Tabboo! (né Stephan Tashjian) (b. 1959, Leicester, MA; lives and works in New York) has been a leading voice of the queer underground in New York since the 1980s. His whimsical illustration style—inspired in part by his collection of puppets—was first used for performance posters and flyers for his drag act. Since then, his paintings have mined a range of historical references including ancient Greek motifs, the vibrant visual culture of the Weimar Republic, psychedelic patterns, calligraphic text, punk-collage strategies, and the performative personas of drag, theater, and nightlife. The selection of works presented at Dallas Contemporary spans four decades of Tabboo!’s oeuvre, spanning some of his earliest flyers for drag performances at the cult Pyramid Club in the East Village in the early 1980s, to his distinctive calligraphic text pieces in which he inscribes himself within a cannon of queer cultural luminaries, to more recent figurative paintings that evoke puppet shows featuring animal and human characters that are part of Tabboo!’s personal pantheon.

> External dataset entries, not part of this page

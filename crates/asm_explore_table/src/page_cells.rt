//! Cells of the table of a page.
ghost use Rattle.std.specs.Prelude.{◌≡◌, ◌+◌, ◌++◌, [], codes, cond, OnOk};
ghost use Rattle.std.specs.List.{flat_map, join_by};
ghost use Rattle.asm_explore_texts.specs.Comments.{lines_of};
ghost use Rattle.asm_explore_table.specs.Pages.{cell, chosen_cell, class, empty_cell, empty_cells, escaped, head_cell, more_of_function as more_columns_of, number_cell};

use crate::page_columns::{PageColumn, more_of_function};
use crate::page_text::{push_decimal, push_escaped};
use std::alloc::{AllocError, Global};

/// Adds the class of a cell: the first column of a function begins a group.
fn push_class(out: &mut Vec<u8>, is_first: bool, mark: &[u8]) -> Result<(), AllocError>
    ensures { OnOk result (out.new.items ≡ out.old.items ++ class is_first mark.now) }
{
    match (is_first, mark) {
        (false, []) => Ok(()),
        (true, []) => out.extend_from_slice(b" class=\"group\""),
        (false, _) => push_mark(out, b" class=\"", mark),
        (true, _) => push_mark(out, b" class=\"group ", mark),
    }
}

/// Adds a class that ends with this mark.
fn push_mark(out: &mut Vec<u8>, before: &[u8], mark: &[u8]) -> Result<(), AllocError>
    ensures { OnOk result (out.new.items ≡ out.old.items ++ (before.now ++ (mark.now ++ codes "\""))) }
{
    out.extend_from_slice(before)?;
    out.extend_from_slice(mark)?;
    out.extend_from_slice(b"\"")
}

/// Adds the head of a column.
pub(crate) fn push_head_cell(
    out: &mut Vec<u8>,
    column: PageColumn,
    text: &[u8],
) -> Result<(), AllocError>
    ensures { OnOk result (out.new.items ≡ out.old.items ++ head_cell column text.now) }
{
    out.extend_from_slice(b"<th")?;
    push_class(out, column.is_first, b"")?;
    out.extend_from_slice(b">")?;
    push_escaped(out, text)?;
    out.extend_from_slice(b"</th>")
}

/// Adds a cell of a column, with a mark if it has one.
pub(crate) fn push_marked(
    out: &mut Vec<u8>,
    column: PageColumn,
    mark: &[u8],
    text: &[u8],
) -> Result<(), AllocError>
    ensures { OnOk result (out.new.items ≡ out.old.items ++ cell column mark.now text.now) }
{
    out.extend_from_slice(b"<td")?;
    push_class(out, column.is_first, mark)?;
    out.extend_from_slice(b">")?;
    push_escaped(out, text)?;
    out.extend_from_slice(b"</td>")
}

/// Adds the cell with the number of a step.
pub(crate) fn push_number_cell(
    alloc: Global,
    out: &mut Vec<u8>,
    number: u64,
) -> Result<(), AllocError>
    ensures { OnOk result (out.new.items ≡ out.old.items ++ number_cell number) }
{
    out.extend_from_slice(b"<td class=\"step\">")?;
    push_decimal(alloc, out, number)?;
    out.extend_from_slice(b"</td>")
}

/// Adds an empty cell over so many columns.
fn push_empty_cell(alloc: Global, out: &mut Vec<u8>, columns: usize) -> Result<(), AllocError>
    ensures { OnOk result (out.new.items ≡ out.old.items ++ empty_cell columns) }
{
    out.extend_from_slice(b"<td class=\"group\" colspan=\"")?;
    push_decimal(alloc, out, columns as u64)?;
    out.extend_from_slice(b"\"></td>")
}

/// Adds an empty cell if a head begins above this column, before these.
fn push_empty_if_first(
    alloc: Global,
    out: &mut Vec<u8>,
    column: PageColumn,
    more: &[PageColumn],
) -> Result<(), AllocError>
    ensures { OnOk result (out.new.items ≡ out.old.items ++ cond column.is_first (empty_cell (more_columns_of more.now + 1)) []) }
{
    if !column.is_first {
        return Ok(());
    }
    push_empty_cell(alloc, out, more_of_function(more) + 1)
}

/// Adds an empty cell below each head.
pub(crate) fn push_empty_cells(
    alloc: Global,
    out: &mut Vec<u8>,
    columns: &[PageColumn],
) -> Result<(), AllocError>
    ensures { OnOk result (out.new.items ≡ out.old.items ++ empty_cells columns.now) }
{
    for k in 0..columns.len() {
        push_empty_if_first(alloc, out, columns[k], &columns[k + 1..])?;
    }
    Ok(())
}

/// Adds further lines, each behind a break.
fn push_further(out: &mut Vec<u8>, lines: &[Vec<u8>]) -> Result<(), AllocError>
    ensures { OnOk result (out.new.items ≡ out.old.items ++ flat_map (λ line. codes "<br>" ++ escaped line) (lines_of lines.now)) }
{
    for k in 0..lines.len() {
        out.extend_from_slice(b"<br>")?;
        push_escaped(out, lines[k].as_slice())?;
    }
    Ok(())
}

/// Adds lines, with a break between each two.
fn push_lines(out: &mut Vec<u8>, lines: &[Vec<u8>]) -> Result<(), AllocError>
    ensures { OnOk result (out.new.items ≡ out.old.items ++ join_by escaped (codes "<br>") (lines_of lines.now)) }
{
    match lines {
        [] => Ok(()),
        [first, more @ ..] => {
            push_escaped(out, first.as_slice())?;
            push_further(out, more)
        }
    }
}

/// Adds the cell of what is chosen, if the table has it.
pub(crate) fn push_chosen_cell(
    out: &mut Vec<u8>,
    chooses: bool,
    lines: &[Vec<u8>],
) -> Result<(), AllocError>
    ensures { OnOk result (out.new.items ≡ out.old.items ++ chosen_cell chooses (lines_of lines.now)) }
{
    if !chooses {
        return Ok(());
    }
    out.extend_from_slice(b"<td>")?;
    push_lines(out, lines)?;
    out.extend_from_slice(b"</td>")
}
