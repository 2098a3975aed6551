//! Texts in a page.
ghost use Rattle.std.specs.Prelude.{◌≡◌, ◌++◌, decimal, OnOk};
ghost use Rattle.std.specs.List.{flat_map};
ghost use Rattle.asm_explore_texts.specs.Comments.{lines_of};
ghost use Rattle.asm_explore_table.specs.Pages.{bad_if, code_line, escaped, escaped_byte, paragraph};

use std::alloc::{AllocError, Global};

/// Adds a byte, or a reference for one that HTML reads otherwise.
fn push_byte(out: &mut Vec<u8>, byte: u8) -> Result<(), AllocError>
    ensures { OnOk result (out.new.items ≡ out.old.items ++ escaped_byte byte) }
{
    match byte {
        b'&' => out.extend_from_slice(b"&amp;"),
        b'<' => out.extend_from_slice(b"&lt;"),
        b'>' => out.extend_from_slice(b"&gt;"),
        b'"' => out.extend_from_slice(b"&quot;"),
        _ => out.extend_from_slice(&[byte]),
    }
}

/// Adds a text, with references for the bytes that HTML reads otherwise.
pub(crate) fn push_escaped(out: &mut Vec<u8>, text: &[u8]) -> Result<(), AllocError>
    ensures { OnOk result (out.new.items ≡ out.old.items ++ escaped text.now) }
{
    for byte in text {
        push_byte(out, *byte)?;
    }
    Ok(())
}

/// Adds a number.
pub(crate) fn push_decimal(alloc: Global, out: &mut Vec<u8>, number: u64) -> Result<(), AllocError>
    ensures { OnOk result (out.new.items ≡ out.old.items ++ decimal number) }
{
    let digits = format!(in alloc; "{number}")?;
    out.extend_from_slice(digits.as_bytes())
}

/// Adds a paragraph.
pub(crate) fn push_paragraph(out: &mut Vec<u8>, text: &[u8]) -> Result<(), AllocError>
    ensures { OnOk result (out.new.items ≡ out.old.items ++ paragraph text.now) }
{
    out.extend_from_slice(b"<p>")?;
    push_escaped(out, text)?;
    out.extend_from_slice(b"</p>\n")
}

/// Adds a paragraph with a line of code.
pub(crate) fn push_code_line(out: &mut Vec<u8>, text: &[u8]) -> Result<(), AllocError>
    ensures { OnOk result (out.new.items ≡ out.old.items ++ code_line text.now) }
{
    out.extend_from_slice(b"<p><code>")?;
    push_escaped(out, text)?;
    out.extend_from_slice(b"</code></p>\n")
}

/// Adds lines of code, each as a paragraph.
pub(crate) fn push_code_lines(out: &mut Vec<u8>, lines: &[Vec<u8>]) -> Result<(), AllocError>
    ensures { OnOk result (out.new.items ≡ out.old.items ++ flat_map code_line (lines_of lines.now)) }
{
    for k in 0..lines.len() {
        push_code_line(out, lines[k].as_slice())?;
    }
    Ok(())
}

/// Adds the class of what shows a fault, if this does.
pub(crate) fn push_bad_if(out: &mut Vec<u8>, is_bad: bool) -> Result<(), AllocError>
    ensures { OnOk result (out.new.items ≡ out.old.items ++ bad_if is_bad) }
{
    if is_bad {
        return out.extend_from_slice(b" class=\"bad\"");
    }
    Ok(())
}
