//! A run as a table, as a page and as lines of JSON: a row for the first state and one for each
//! step, a column for each location that changes, and what is chosen in each step.
//!
//! No row is kept. The run is made once to find which locations change and how wide the columns are,
//! and once more for each block of columns, or for the rows of a page or of JSON.
#![tactic(auto)]

mod block;
mod cells;
mod changes;
mod chosen_lines;
mod columns;
mod extent;
mod heads;
pub mod json;
mod json_choices;
mod json_rows;
mod json_state;
mod json_texts;
mod json_values;
mod layout;
pub mod limited_run;
mod line;
pub mod names;
pub mod page;
mod page_cells;
mod page_columns;
mod page_heads;
mod page_row;
mod page_style;
mod page_text;
mod page_words;
mod row;
pub mod run_words;
mod step_row;
pub mod table;
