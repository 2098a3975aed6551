//! Values as JSON.
ghost use Rattle.std.specs.Prelude.{◌≡◌, ◌++◌, OnOk};
ghost use Rattle.asm_syntax.specs.code.Views.{spec_of};
ghost use Rattle.asm_explore_table.specs.JsonRows.{element_member, value_json};
ghost use Rattle.asm_explore_table.specs.JsonTexts.{member_text};

use crate::json_texts::push_string;
use asm_check::Checked;
use asm_run::locations::push_value;
use asm_state::value::Value;
use asm_state::word::Word;
use std::alloc::AllocError;

/// Adds a value as traces have it, in quotes, or null if it is undef. What `text` has is lost.
pub(crate) fn push_value_json(
    out: &mut Vec<u8>,
    text: &mut Vec<u8>,
    checked: &Checked,
    value: Word,
) -> Result<(), AllocError>
    ensures { OnOk result (out.new.items ≡ out.old.items ++ value_json (spec_of checked.now.spec) value) }
{
    match value.value() {
        Value::Undef => out.extend_from_slice(b"null"),
        _ => {
            text.clear();
            push_value(text, checked, value)?;
            push_string(out, text.as_slice())
        }
    }
}

/// Adds a name and its value as a member of an object.
pub(crate) fn push_named_value(
    out: &mut Vec<u8>,
    text: &mut Vec<u8>,
    checked: &Checked,
    name: &[u8],
    value: Word,
) -> Result<(), AllocError>
    ensures { OnOk result (out.new.items ≡ out.old.items ++ member_text (element_member (spec_of checked.now.spec) (name.now, value))) }
{
    push_string(out, name)?;
    out.extend_from_slice(b":")?;
    push_value_json(out, text, checked, value)
}
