//! The locations that are columns of a table.
ghost use Rattle.std.specs.Prelude.{◌≡◌, ◌<◌, ◌&&◌, ◌∷◌, ◌++◌, [], All, cond, false, filter, slice_index_or, take, IfOk, OnOk};
ghost use Rattle.std.specs.List.{list_any, range_with_len};
ghost use Rattle.std.specs.Str.{bytes_eq};
ghost use Rattle.asm_state.specs.Location.{Proper};
ghost use Rattle.asm_state.specs.Signature.{count_of};
ghost use Rattle.asm_state.specs.Updates.{is_proper};
ghost use Rattle.asm_state.specs.code.CodeLocations.{location_of};
ghost use Rattle.asm_syntax.specs.code.Views.{spec_of};
ghost use Rattle.asm_check.specs.Shapes.{shape_of};
ghost use Rattle.asm_explore_table.specs.Tables.{is_named as is_one_named, most_columns, numbered, shown_columns};
ghost use Rattle.asm_explore_table.specs.code.Extents.{HasRoom};
ghost use Rattle.asm_explore_table.specs.code.StepsMade.{column_by, names_said};

use crate::extent::Extent;
use asm_check::Checked;
use asm_run::locations::{push_function, push_location};
use asm_state::location::Location;
use asm_state::word::Word;
use std::alloc::{AllocError, Global};

/// At most so many locations are columns, unless they are named.
pub(crate) const MAX_COLUMNS: usize = 200;

/// Whether one of the names is this text.
fn is_among(names: &[&str], text: &[u8]) -> bool
    ensures { result ≡ list_any (λ name. bytes_eq name.now text.now) names.now }
{
    names.iter().any(|name| name.as_bytes() == text)
}

/// Whether one of the names is that of the location with these arguments, or of its function.
fn is_proper_named(
    alloc: Global,
    checked: &Checked,
    names: &[&str],
    function: usize,
    arguments: &[Word],
) -> Result<bool, AllocError>
    ensures { IfOk result (λ named. named ≡ is_one_named (spec_of checked.now.spec) (names_said names.now) (Proper function arguments.now)) }
{
    let mut text = Vec::new(alloc);
    push_function(&mut text, checked, function)?;
    if is_among(names, text.as_slice()) {
        return Ok(true);
    }
    text.clear();
    push_location(&mut text, checked, function, arguments)?;
    Ok(is_among(names, text.as_slice()))
}

/// Whether one of the names is that of this location, or of its function.
pub fn is_named(
    alloc: Global,
    checked: &Checked,
    names: &[&str],
    location: &Location,
) -> Result<bool, AllocError>
    ensures { let l = location_of location.now in
        IfOk result (λ named. named ≡ (is_proper l && is_one_named (spec_of checked.now.spec) (names_said names.now) l)) }
{
    match location {
        Location::Proper {
            function,
            arguments,
        } => is_proper_named(alloc, checked, names, *function, arguments.as_slice()),
        Location::Stray { .. } => Ok(false),
    }
}

/// Whether the location with this number is a column: one that is named, or without names one that
/// changes.
fn is_column(
    alloc: Global,
    checked: &Checked,
    names: &[&str],
    extent: &Extent,
    n: usize,
) -> Result<bool, AllocError>
    requires whole { HasRoom (count_of (shape_of (spec_of checked.now.spec))) extent.now }
    requires within { n < count_of (shape_of (spec_of checked.now.spec)) }
    ensures { let s = spec_of checked.now.spec in
        IfOk result (λ is. is ≡ column_by s (names_said names.now) (slice_index_or extent.now.changed.items n false) (numbered s n)) }
{
    if names.is_empty() {
        return Ok(extent.changed[n] && checked.signature().stray(n).is_none());
    }
    let location = checked.signature().location(alloc, n)?;
    is_named(alloc, checked, names, &location)
}

/// Adds a number, if it is that of a column.
fn push_if(columns: &mut Vec<usize>, n: usize, is_column: bool) -> Result<(), AllocError>
    ensures { OnOk result (columns.new.items ≡ columns.old.items ++ cond is_column (n ∷ []) []) }
{
    if is_column {
        columns.push(n)?;
    }
    Ok(())
}

/// The numbers of the locations that are columns, in their order.
pub(crate) fn columns(
    alloc: Global,
    checked: &Checked,
    names: &[&str],
    extent: &Extent,
) -> Result<Vec<usize>, AllocError>
    requires { HasRoom (count_of (shape_of (spec_of checked.now.spec))) extent.now }
    ensures are { let s = spec_of checked.now.spec in
        IfOk result (λ columns. columns.items ≡ filter (λ n. column_by s (names_said names.now) (slice_index_or extent.now.changed.items n false) (numbered s n)) (range_with_len 0 (count_of (shape_of s)))) }
    ensures within { let s = spec_of checked.now.spec in IfOk result (λ columns. All (λ n. n < count_of (shape_of s)) columns.items) }
{
    let mut columns = Vec::new(alloc);
    for n in 0..checked.signature().count() {
        let is_column = is_column(alloc, checked, names, extent, n)?;
        push_if(&mut columns, n, is_column)?;
    }
    Ok(columns)
}

/// The first columns.
fn front(columns: &[usize]) -> &[usize]
    ensures { result.now ≡ take most_columns columns.now }
{
    if columns.len() <= MAX_COLUMNS {
        columns
    } else {
        &columns[..MAX_COLUMNS]
    }
}

/// The columns that are shown.
pub(crate) fn shown<'c>(names: &[&str], columns: &'c [usize]) -> &'c [usize]
    ensures { result.now ≡ shown_columns (names_said names.now) columns.now }
{
    match names {
        [] => front(columns),
        _ => columns,
    }
}
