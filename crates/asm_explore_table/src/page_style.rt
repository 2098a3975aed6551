//! How the page of a run looks.
ghost use Rattle.std.specs.Prelude.{◌≡◌};
ghost use Rattle.asm_explore_table.specs.PageStyle.{style as style_sheet};

/// Light or dark, as the reader's system has it. The table's heads stay in view.
const STYLE: &[u8] = b"\
:root{color-scheme:light dark;--ink:#1c1c1a;--soft:#6f6f69;--line:#dddcd4}
:root{--back:#fcfcf9;--mark:#fde9b8;--bad:#c6322b}
@media (prefers-color-scheme:dark){
:root{--ink:#e6e5df;--soft:#96958e;--line:#3a3a37}
:root{--back:#1b1b1a;--mark:#57470f;--bad:#ff7a70}
}
body{margin:2rem;font:14px/1.45 system-ui,sans-serif}
body{color:var(--ink);background:var(--back)}
h1{margin:0;font-size:1.15rem}
h1.bad{color:var(--bad)}
p{margin:.3rem 0;color:var(--soft)}
code,th,td{font:13px/1.45 ui-monospace,monospace}
h1,code{overflow-wrap:anywhere;white-space:pre-wrap}
table{margin:1rem 0;border-spacing:0}
th,td{padding:.15rem .6rem;border-bottom:1px solid var(--line)}
th,td{text-align:left;vertical-align:top;white-space:nowrap}
thead{position:sticky;top:0;z-index:2}
th,.step{background:var(--back)}
tr:first-child th{font-weight:600}
tr+tr th{color:var(--soft)}
.step{position:sticky;left:0;z-index:1;text-align:right;color:var(--soft)}
.group{border-left:1px solid var(--line)}
.same{color:var(--soft)}
.new{background:var(--mark);font-weight:600}
tr.bad td{border-top:2px solid var(--bad)}
";

/// The style sheet of the page.
pub(crate) fn style() -> &'static [u8]
    ensures { result.now ≡ style_sheet }
{
    STYLE
}
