//! Which columns stand beside each other, and where each begins.
ghost use Rattle.std.specs.Prelude.{◌≡◌, ◌≤◌, ◌<◌, ◌+◌, ◌^◌, ◌++◌, ◌∷◌, [], All, Bool, None, false, true, is_some, nat_lt, IfErr, IfOk, OnOk};
ghost use Rattle.std.specs.List.{flat_map};
ghost use Rattle.asm_state.specs.Signature.{count_of};
ghost use Rattle.asm_syntax.specs.code.Views.{spec_of};
ghost use Rattle.asm_check.specs.Shapes.{shape_of};
ghost use Rattle.asm_explore_table.specs.Tables.{numbers_in as locations_of};
ghost use Rattle.asm_explore_table.specs.code.Extents.{HasRoom};
ghost use Rattle.asm_explore_table.specs.code.Layouts.{AreFilled, IsChosenStart, IsFullWith, IsLaid, end_before, end_of, name_end_behind, placed_column, reached_first, start_behind, unplaced, up_to, width_of_steps, with_column};
ghost use Rattle.asm_explore_table.specs.code.StepsMade.{AreBlocks};

use crate::block::{Block, Column};
use crate::extent::Extent;
use crate::heads::{arguments_head, function_at, function_head, is_after};
use asm_check::Checked;
use std::alloc::{AllocError, Global};

/// How wide the column of the steps' numbers is at least, which is the length of its head.
const LEAST_STEP_WIDTH: usize = 4;

/// How wide that of what is chosen is at least, for the same reason.
const LEAST_CHOSEN_WIDTH: usize = 6;

/// What each line of a table begins with has so many bytes.
const MARK: usize = 2;

/// How far a block reaches with some columns.
#[derive(Clone, Copy, Debug)]
struct Reached {
    /// Where the last column ends.
    end: usize,
    /// The function of the last column.
    function: Option<usize>,
    /// Where the name ends of that function.
    name_end: usize,
}

/// A block that is being made.
#[derive(Drop)]
struct Begun {
    block: Block,
    reached: Reached,
}

/// A column before it has a place.
#[derive(Drop)]
struct Unplaced {
    location: usize,
    function: usize,
    /// How long the name of its function is.
    name: usize,
    width: usize,
}

/// The place so many bytes behind another one. It is refused if 64 bits can't hold it: no memory
/// has room for such a line.
fn behind(place: usize, bytes: usize) -> Result<usize, AllocError>
    ensures place { IfOk result (λ n. n ≡ place + bytes) }
    ensures refused { IfErr result (λ e. 2 ^ 64 ≤ place + bytes) }
{
    place.checked_add(bytes).ok_or(AllocError)
}

impl Unplaced {
    /// The column of the location with this number.
    fn of(
        alloc: Global,
        checked: &Checked,
        extent: &Extent,
        n: usize,
    ) -> Result<Unplaced, AllocError>
        requires room { HasRoom (count_of (shape_of (spec_of checked.now.spec))) extent.now }
        requires within { n < count_of (shape_of (spec_of checked.now.spec)) }
        ensures { IfOk result (λ c. c ≡ unplaced (spec_of checked.now.spec) extent.now n) }
    {
        let arguments = arguments_head(alloc, checked, n)?;
        let function = function_at(alloc, checked, n)?;
        let name = function_head(alloc, checked, function)?;
        Ok(Unplaced {
            location: n,
            function,
            name: name.len(),
            width: extent.widths[n].max(arguments.len()),
        })
    }
}

impl Reached {
    /// A block that reaches to here without a column.
    fn up_to(end: usize) -> Reached
        ensures { result ≡ up_to end }
    {
        Reached {
            end,
            function: None,
            name_end: 0,
        }
    }

    /// Where that ends which a column of this function stands behind: the name of a function may
    /// stand above all of its columns.
    fn end_before(&self, function: usize) -> usize
        ensures { result ≡ end_before self.now function }
    {
        if is_after(function, self.function) {
            self.end
        } else {
            self.end.max(self.name_end)
        }
    }

    /// Where a column of this function would begin.
    fn start_of(&self, function: usize) -> Result<usize, AllocError>
        ensures { IfOk result (λ start. start ≡ start_behind self.now function) }
    {
        behind(self.end_before(function), 2)
    }

    /// Where the name of its function would end, above a column that begins here.
    fn name_end_of(&self, column: &Unplaced, start: usize) -> Result<usize, AllocError>
        ensures { IfOk result (λ end. end ≡ name_end_behind self.now start column.now) }
    {
        if is_after(column.function, self.function) {
            Ok(self.name_end)
        } else {
            behind(start, column.name)
        }
    }

    /// How far it would reach with one column more.
    fn with(&self, column: &Unplaced) -> Result<Reached, AllocError>
        ensures { IfOk result (λ reached. reached ≡ with_column self.now column.now) }
    {
        let start = self.start_of(column.function)?;
        let end = behind(start, column.width)?;
        let name_end = self.name_end_of(column, start)?;
        Ok(Reached {
            end,
            function: Some(column.function),
            name_end,
        })
    }

    /// Whether its lines would be longer than this.
    fn is_wider(&self, width: usize) -> Result<bool, AllocError>
        ensures { IfOk result (λ wider. wider ≡ nat_lt width (2 + end_of self.now)) }
    {
        let end = self.end.max(self.name_end);
        Ok(behind(MARK, end)? > width)
    }
}

impl Begun {
    /// A block without columns, whose lines have so many bytes.
    fn new(alloc: Global, chosen: Option<usize>, end: usize) -> Begun
        ensures chosen { result.block.chosen ≡ chosen }
        ensures empty { result.block.columns.items ≡ [] }
        ensures reached { result.reached ≡ up_to end }
    {
        Begun {
            block: Block {
                chosen,
                columns: Vec::new(alloc),
            },
            reached: Reached::up_to(end),
        }
    }

    /// Whether it has a column, and would be wider with this one than that.
    fn is_full_with(&self, column: &Unplaced, width: usize) -> Result<bool, AllocError>
        ensures { IfOk result (λ full. IsFullWith self.now column.now width full) }
    {
        if self.block.columns.is_empty() {
            return Ok(false);
        }
        self.reached.with(column)?.is_wider(width)
    }

    /// The block, once it has all its columns.
    fn into_block(self) -> Block
        ensures { result ≡ self.block }
    {
        let Begun { block, reached: _ } = self;
        block
    }

    /// Adds a column.
    fn add(&mut self, column: &Unplaced) -> Result<(), AllocError>
        ensures chosen { self.new.block.chosen ≡ self.old.block.chosen }
        ensures added { OnOk result (self.new.block.columns.items ≡ self.old.block.columns.items ++ placed_column self.old.reached column.now ∷ []) }
        ensures reached { OnOk result (self.new.reached ≡ with_column self.old.reached column.now) }
    {
        let start = self.reached.start_of(column.function)?;
        let reached = self.reached.with(column)?;
        self.block.columns.push(Column {
            location: column.location,
            start,
        })?;
        self.reached = reached;
        Ok(())
    }
}

/// How wide the column of the steps' numbers is.
pub(crate) fn step_width(alloc: Global, extent: &Extent) -> Result<usize, AllocError>
    ensures { IfOk result (λ width. width ≡ width_of_steps extent.now) }
{
    let last = format!(in alloc; "{}", extent.steps)?;
    Ok(LEAST_STEP_WIDTH.max(last.len()))
}

/// The first block, before it has columns.
fn first_block(alloc: Global, extent: &Extent, width: usize) -> Result<Begun, AllocError>
    requires { width ≡ width_of_steps extent.now }
    ensures chosen { IfOk result (λ begun. is_some begun.block.chosen ≡ extent.now.chooses) }
    ensures empty { IfOk result (λ begun. begun.block.columns.items ≡ []) }
    ensures begins { IfOk result (λ begun. begun.reached ≡ reached_first extent.now begun.block.chosen) }
    ensures start { IfOk result (λ begun. IsChosenStart extent.now begun.block.chosen) }
{
    if !extent.chooses {
        return Ok(Begun::new(alloc, None, width));
    }
    let start = behind(width, 2)?;
    let end = behind(start, LEAST_CHOSEN_WIDTH.max(extent.chosen_width))?;
    Ok(Begun::new(alloc, Some(start), end))
}

/// Ends a block if it is full, and begins the next one.
fn make_room(
    blocks: &mut Vec<Block>,
    begun: &mut Begun,
    is_full: bool,
    next: Begun,
) -> Result<(), AllocError>
    requires empty { next.block.columns.items ≡ [] }
    requires chosen { next.block.chosen ≡ None }
    ensures all { OnOk result (flat_map locations_of (blocks.new.items ++ begun.new.block ∷ []) ≡ flat_map locations_of (blocks.old.items ++ begun.old.block ∷ [])) }
    ensures chosen { (chooses : Bool) → AreBlocks chooses (blocks.old.items ++ begun.old.block ∷ []) →
        OnOk result (AreBlocks chooses (blocks.new.items ++ begun.new.block ∷ [])) }
    ensures kept { is_full ≡ false → OnOk result ((blocks.new.items ≡ blocks.old.items) × (begun.new ≡ begun.old)) }
    ensures ended { is_full ≡ true → OnOk result ((blocks.new.items ≡ blocks.old.items ++ begun.old.block ∷ []) × (begun.new ≡ next)) }
{
    if !is_full {
        return Ok(());
    }
    let ended = std::mem::replace(begun, next);
    blocks.push(ended.into_block())?;
    Ok(())
}

/// The blocks of these columns, each as wide as this or of one column.
pub(crate) fn blocks(
    alloc: Global,
    checked: &Checked,
    columns: &[usize],
    extent: &Extent,
    width: usize,
) -> Result<Vec<Block>, AllocError>
    requires room { HasRoom (count_of (shape_of (spec_of checked.now.spec))) extent.now }
    requires within { All (λ n. n < count_of (shape_of (spec_of checked.now.spec))) columns.now }
    ensures all { IfOk result (λ blocks. flat_map locations_of blocks.items ≡ columns.now) }
    ensures chosen { IfOk result (λ blocks. AreBlocks extent.now.chooses blocks.items) }
    ensures filled { IfOk result (λ blocks. AreFilled blocks.items) }
    ensures laid { IfOk result (λ blocks. All (IsLaid (spec_of checked.now.spec) extent.now width) blocks.items) }
{
    let steps = step_width(alloc, extent)?;
    let mut blocks = Vec::new(alloc);
    let mut begun = first_block(alloc, extent, steps)?;
    for k in 0..columns.len() {
        let column = Unplaced::of(alloc, checked, extent, columns[k])?;
        let is_full = begun.is_full_with(&column, width)?;
        make_room(
            &mut blocks,
            &mut begun,
            is_full,
            Begun::new(alloc, None, steps),
        )?;
        begun.add(&column)?;
    }
    blocks.push(begun.into_block())?;
    Ok(blocks)
}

Umar Rashid also known as Frohawk Two Feathers (b. 1976, Chicago, IL; lives and works in Los Angeles, CA.) has created an epic decolonized history of the Americas in his paintings as well as his poetry, writings and performances. Inserting Black, Brown and First People protagonists into his imaginative alt-history paintings, Rashid has conjured the vast narrative of the Frenglish Empire (1648-1848) in which he recasts the histories of European colonization and autonomous indigenous nations in North America. His visual narratives slyly combine an array of art historical tropes from French, English and Dutch history paintings to the Ledger Drawings of the Plains Indians mashed up with cartoony figurative elements and anachronistic references to contemporary popular culture. Made especially for Dallas Contemporary, Rashid will create a new chapter of his grand historical narrative. Set at the turn of the 18th century, his story will center on a band of Black and mixed race “free radical” rebels in what today is called North-Central Texas, but was then known as Nueva España. In a series of six large scale paintings, this band of roving rebels spread their liberatory struggle and ancient regime change across the landscape, they are depicted encountering Numunuu (Comanche) tribes people as well as European settlers.